Getting a new credit card altogether can also lower your loan utilization rateor the ratio of the used loan to the amount of the loan granted, which can also improve your credit rating.

Credit cards offer protection what POS credit providers are not… If you end up buying a defective item or credit card fraud, you may be able to dispute the payment due to Fair Credit Billing Act… On the other hand, POS credit providers are not regulated in the same way, so returning items or challenging fees can be more difficult.

POS credit use

A POS terminal loan can be a good choice for you if you can’t qualify for a credit card with a 0% annual interest rate or if you don’t want to extend your credit beyond a single purchase, explains Matt Schultz, LendingTree’s chief credit analyst.

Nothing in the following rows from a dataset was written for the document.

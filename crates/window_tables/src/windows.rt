ghost use Rattle.std.specs.Prelude.{IsTrue, OnOk};
ghost use Rattle.graph_types.specs.meaning.Graph.{Graph};
ghost use Rattle.group_window.specs.meaning.Windows.{HasRoom, StandsOn};

use crate::case::{CaseFault, field, shards};
use crate::graphs::read_update;
use crate::showing::show_difference;
use graph_types::{Snapshot, Stamp};
use group_window::Window;
use line_fields::Names;
use std::alloc::Global;
use std::fmt::Write;
use update_rules::StepFault;

/// `window SHARDS / STEP / STEP ..`: takes a new window through the steps `begin`, `push UPDATE`, `end` and `drop`. Each
/// is told with the number of groups after it, and of the updates of the group that is open. Then each group is told.
/// A `drop` ends the steps, since it leaves the graph as the group made it.
pub fn window(
    alloc: Global,
    names: &mut Names,
    graph: &mut Snapshot,
    text: &str,
    answer: &mut String,
) -> Result<(), CaseFault> {
    let Some((word, steps)) = text.split_once(" / ") else {
        return Err(CaseFault::BadCase);
    };
    let mut window = Window::new(alloc, Stamp(0), shards(word)?);
    for step in steps.split(" / ") {
        if step == "drop" {
            give_up(&mut window, answer)?;
            break;
        }
        take_step(alloc, &mut window, names, graph, step, answer)?;
        show_counts(&window, answer)?;
    }
    show_groups(&window, answer)
}

fn take_step(
    alloc: Global,
    window: &mut Window,
    names: &mut Names,
    graph: &mut Snapshot,
    step: &str,
    answer: &mut String,
) -> Result<(), CaseFault>
    requires { StandsOn window.old graph.old }
    ensures { OnOk result (StandsOn window.new graph.new) }
{
    let (verb, text) = field(step);
    match verb {
        "begin" => begin(window, answer),
        "push" => push(alloc, window, names, graph, text, answer),
        "end" => end(window, graph, answer),
        _ => Err(CaseFault::BadCase),
    }
}

fn begin(window: &mut Window, answer: &mut String) -> Result<(), CaseFault>
    ensures { OnOk result ((g : Graph) → StandsOn window.old g → StandsOn window.new g) }
{
    if window.open_len().is_some() || window.len() >= 4096 {
        return Err(CaseFault::BadCase);
    }
    window.begin_group();
    answer.push_str("begun")?;
    Ok(())
}

fn push(
    alloc: Global,
    window: &mut Window,
    names: &mut Names,
    graph: &mut Snapshot,
    text: &str,
    answer: &mut String,
) -> Result<(), CaseFault>
    requires { StandsOn window.old graph.old }
    ensures { OnOk result (StandsOn window.new graph.new) }
{
    let update = read_update(alloc, names, text)?;
    if !has_room(window) {
        return Err(CaseFault::BadCase);
    }
    match window.push(graph, &update) {
        Ok(()) => answer.push_str("made")?,
        Err(StepFault::Refused(why)) => write!(answer, "{why:?}")?,
        Err(StepFault::NoMemory) => return Err(CaseFault::NoMemory),
    }
    Ok(())
}

fn has_room(window: &Window) -> bool
    ensures { IsTrue result → HasRoom window.now window.now.current }
{
    match window.open_len() {
        Some(len) => len < 1024,
        None => window.len() < 4096,
    }
}

fn end(window: &mut Window, graph: &Snapshot, answer: &mut String) -> Result<(), CaseFault>
    requires { StandsOn window.old graph.now }
    ensures { OnOk result (StandsOn window.new graph.now) }
{
    if window.open_len().is_none() {
        return Err(CaseFault::BadCase);
    }
    window.end_group(graph)?;
    answer.push_str("ended")?;
    Ok(())
}

fn give_up(window: &mut Window, answer: &mut String) -> Result<(), CaseFault> {
    if window.open_len().is_none() {
        return Err(CaseFault::BadCase);
    }
    window.drop_group();
    answer.push_str("dropped")?;
    show_counts(window, answer)
}

/// The number of groups, and after a `+` the number of updates of the open group.
fn show_counts(window: &Window, answer: &mut String) -> Result<(), CaseFault> {
    write!(answer, " {}", window.len())?;
    if let Some(len) = window.open_len() {
        write!(answer, "+{len}")?;
    }
    answer.push_str(", ")?;
    Ok(())
}

fn show_groups(window: &Window, answer: &mut String) -> Result<(), CaseFault> {
    write!(answer, "groups {}", window.len())?;
    for i in 0..window.len() {
        answer.push_str("; group of ")?;
        show_difference(window.net(i), window.parts_of(i), answer)?;
    }
    Ok(())
}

Affirm, Afterpay and Klarna are some of the most popular BNPL loan providers. They offer financing options with a 0% interest rate, usually for shorter repayment periods, making them a good choice if you cannot get a 0% interest rate credit card. (Afterpay does not consider itself a POS loan provider because they do not charge interest, but the company is still often classified as such.)

One of the most important factors that you should consider when getting a POS terminal loan is the interest rate and fees.

Confirm has loans with interest rates up to 30% and does not charge late fees. Klarna can charge up to 25% of the order value as a penalty. Be sure to read the fine print on your particular POS terminal loan before deciding if it’s right for you.

The main benefit of using a POS loan is that some providers do not look at your credit rating at all or do not weigh your credit rating very much when determining your eligibility for a loan. Afterpay does not check your credit history while Confirmation and Klarna perform soft credit checks (although Klarna may conduct a thorough investigation into some of the loans).

However, if you are looking to improve your credit rating, POS terminal loans may not be the best option. Some POS credit providers report your payment history to credit bureaus, while others do not.

Confirm reports only some loans at Experian. On the other hand, Klarna does not report any interest-free loans, and Afterpay never reports to credit bureaus.

However, keep in mind that even if you on time with payments on your POS loans, they can still damage your credit score if reported to the credit bureaus. Here’s why: Every time you get a POS loan, you open a new line of credit and close it whenever you pay it off. This can lead to a decrease in the average age of your credit history and, therefore, to a decrease in your credit rating.

Bottom line

When deciding whether you should get a credit card with an annual interest rate of 0% or a loan for a POS terminal, there are many factors to consider.

First, you should consider whether you have a good enough credit rating to qualify for a credit card with a 0% annual interest rate. Also, do you need additional credit besides a one-time purchase? Is there an interest rate on your loan for POS terminals? How much do you value credit card welcome bonuses and rewards?

These are all questions you must ask yourself when choosing between them, and if you make the right choice, you can end up financing your purchase without paying any extra interest or late fees for that exercise bike or eye cream.

Editorial note: The opinions, analyzes, reviews or recommendations expressed in this article are solely owned by the Select editors and have not been reviewed, endorsed or otherwise endorsed by any third party.